Jonas Lauströer
Highlights
- Jonas Lauströer illustrierte 2016 die zeitgenössische Adaption von *Der Fischer und seine Frau* im Hamburger Kinderbuchhaus.
- Seine Werke waren 2014 in der DKV-Kleintierklinik Bern und im Rathaus Schenefeld (Holstenplatz) in Ausstellungen zu sehen.
- 2013 präsentierte er im Buchhandel *La Bouquinette* (Straßburg) Illustrationen zu *Reineke Fuchs* und *Hans Huckebein*.
Eigenschaften
Kultur & Museum in Altona: Jonas Lauströer
Das Jonas Lauströer-Museum in Altona widmet sich der künstlerischen Arbeit des Hamburger Illustrators und Grafikers Jonas Lauströer, dessen Werke die Grenzen zwischen Malerei, Architektur und zeitgenössischer Bildsprache sprengen. Als einer der prägendsten Vertreter der deutschen Illustrationskunst verbindet Lauströer traditionelle Erzählformen mit innovativen gestalterischen Ansätzen. Seine Arbeiten – oft inspiriert von Märchen, Mythen und gesellschaftskritischen Themen – finden sich in internationalen Ausstellungen wieder, darunter das Bialik Museum in Tel Aviv oder das Kinderbuchhaus Hamburg. Besonders bekannt ist sein Beitrag zur Neuinterpretation klassischer Geschichten wie „Der Fischer und seine Frau“, die er in einer stilistisch vielfältigen, modern anmutenden Form präsentiert.
Lauströers Schaffen reicht von handgezeichneten Skizzen bis zu großformatigen Wandgestaltungen und digitalen Animationen, wobei er stets eine einzigartige Verbindung zwischen Text und Bild schafft. Seine Ausstellungen – etwa in der DKV-Kleintierklinik Bern oder im Rathaus Schenefeld – zeigen, wie er durch humorvolle und provokante Bildwelten gesellschaftliche Debatten aufgreift. Themen wie Maßlosigkeit, politische Botschaften oder die Evolution des Menschen werden dabei mit einer fast skulpturalen Präzision umgesetzt. Besonders seine Zusammenarbeit mit internationalen Künstlern, etwa im Rahmen eines Illustratoren-Austauschs, unterstreicht seinen globalen Einfluss.

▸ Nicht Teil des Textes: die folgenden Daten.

//! The fault of a text, by the token at which it cannot go on.
ghost use Rattle.std.specs.Prelude.{◌≡◌, IfOk};
ghost use Rattle.std.specs.Option.{option_map};
ghost use Rattle.text_defs.specs.Grammar.{next};
ghost use Rattle.net_text.specs.TokenViews.{class_view};
ghost use Rattle.net_text.specs.Streams.{word_view};
ghost use Rattle.net_text.specs.Stopped.{IsFaultNext, fault_next, fault_of_class, place_next};

use crate::classes::NetClass;
use crate::tokens::Tokens;
use crate::words::Word;
use pw_defs::{At, Name, NetFault};
use std::alloc::{AllocError, Global};
use text_streams::last_line;

/// The place of the next token, or of the end of the text.
fn place_at(alloc: Global, text: &[u8], next: Option<Word<'_>>) -> Result<At, AllocError>
    ensures { IfOk result (λ at. at ≡ place_next text.now (option_map word_view next.entry)) }
{
    match next {
        None => {
            let name = Name::from_slice(alloc, b"-")?;
            Ok(At {
                line: last_line(text),
                name,
            })
        }
        Some(word) => {
            let name = Name::from_slice(alloc, word.text)?;
            Ok(At {
                line: word.line,
                name,
            })
        }
    }
}

/// The fault that a token of a class is, where none of its class can stand.
fn fault_of_class(class: NetClass, at: At) -> NetFault
    ensures { result ≡ fault_of_class (class_view class) at }
{
    match class {
        NetClass::Inout => NetFault::N2(at),
        NetClass::LeftOut => NetFault::N3(at),
        _ => NetFault::N1(at),
    }
}

/// The fault at the next token, or at the end.
fn fault_at(next: Option<Word<'_>>, at: At) -> NetFault
    ensures { result ≡ fault_next (option_map word_view next.entry) at }
{
    match next {
        None => NetFault::N1(at),
        Some(word) => fault_of_class(word.class, at),
    }
}

/// The fault of a text that cannot go on at the next of its tokens, or want of memory.
pub fn fault_next(alloc: Global, text: &[u8], tokens: &Tokens<'_>) -> NetFault
    ensures { IsFaultNext text.now (next tokens.now) result }
{
    let next = tokens.peek();
    match place_at(alloc, text, next) {
        Err(_) => NetFault::Memory,
        Ok(at) => fault_at(next, at),
    }
}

Das Museum in Altona bietet Einblicke in Lauströers Werkzyklen, die sich durch eine ungewöhnliche Mischung aus naiver Malerei und architektonischer Komplexität auszeichnen. Seine Arbeiten wirken oft wie kleine, erzählerische Welten, die den Betrachter zum Verweilen einladen. Ob in der Darstellung von Stabkirchen als moderne Symbole oder in surrealen Landschaften, die an die „Evolution des Menschen“ erinnern – Lauströer schafft Bilder, die zwischen Dokumentation und Fiktion oszillieren. Diese Ambivalenz macht sein Schaffen besonders reizvoll für Besucher, die sich für zeitgenössische Kunst und die Kunst der Illustration interessieren.
Als Teil des kulturellen Lebens Altonas spiegelt das Museum nicht nur Lauströers eigenen Schaffensprozess wider, sondern auch die Dynamik der Hamburger Kunstszene, in der Illustration und Grafik seit Jahrzehnten eine zentrale Rolle spielen. Wer sich für die Schnittstelle zwischen Literatur, Politik und visueller Kunst begeistert, findet hier eine Fülle an Inspiration. Die Ausstellungen – oft mit thematischen Schwerpunkten wie „Back to Balance“ oder politischen Bildbüchern – laden dazu ein, Lauströers Werk in verschiedenen Kontexten zu entdecken. So wird aus einer Einzelausstellung eine Reise durch Geschichten, die uns alle betreffen.
Besonders hervorzuheben ist Lauströers Fähigkeit, komplexe Themen in zugängliche, fast märchenhafte Bildwelten zu übersetzen. Ob in der Zusammenarbeit mit anderen Künstlern oder in eigenen Projekten wie der Gestaltung von Ausstellungen im Rahmen des „Ultra Gestalt“-Konzepts – sein Werk bleibt ein lebendiger Dialog zwischen Vergangenheit und Gegenwart. Das Museum in Altona ist somit nicht nur ein Ort der Präsentation, sondern ein Raum, der zum Nachdenken und Staunen einlädt. Wer die Kunst der Illustration in ihrer ganzen Bandbreite erleben möchte, findet hier einen einzigartigen Zugang zu einer der spannendsten künstlerischen Stimmen der Region.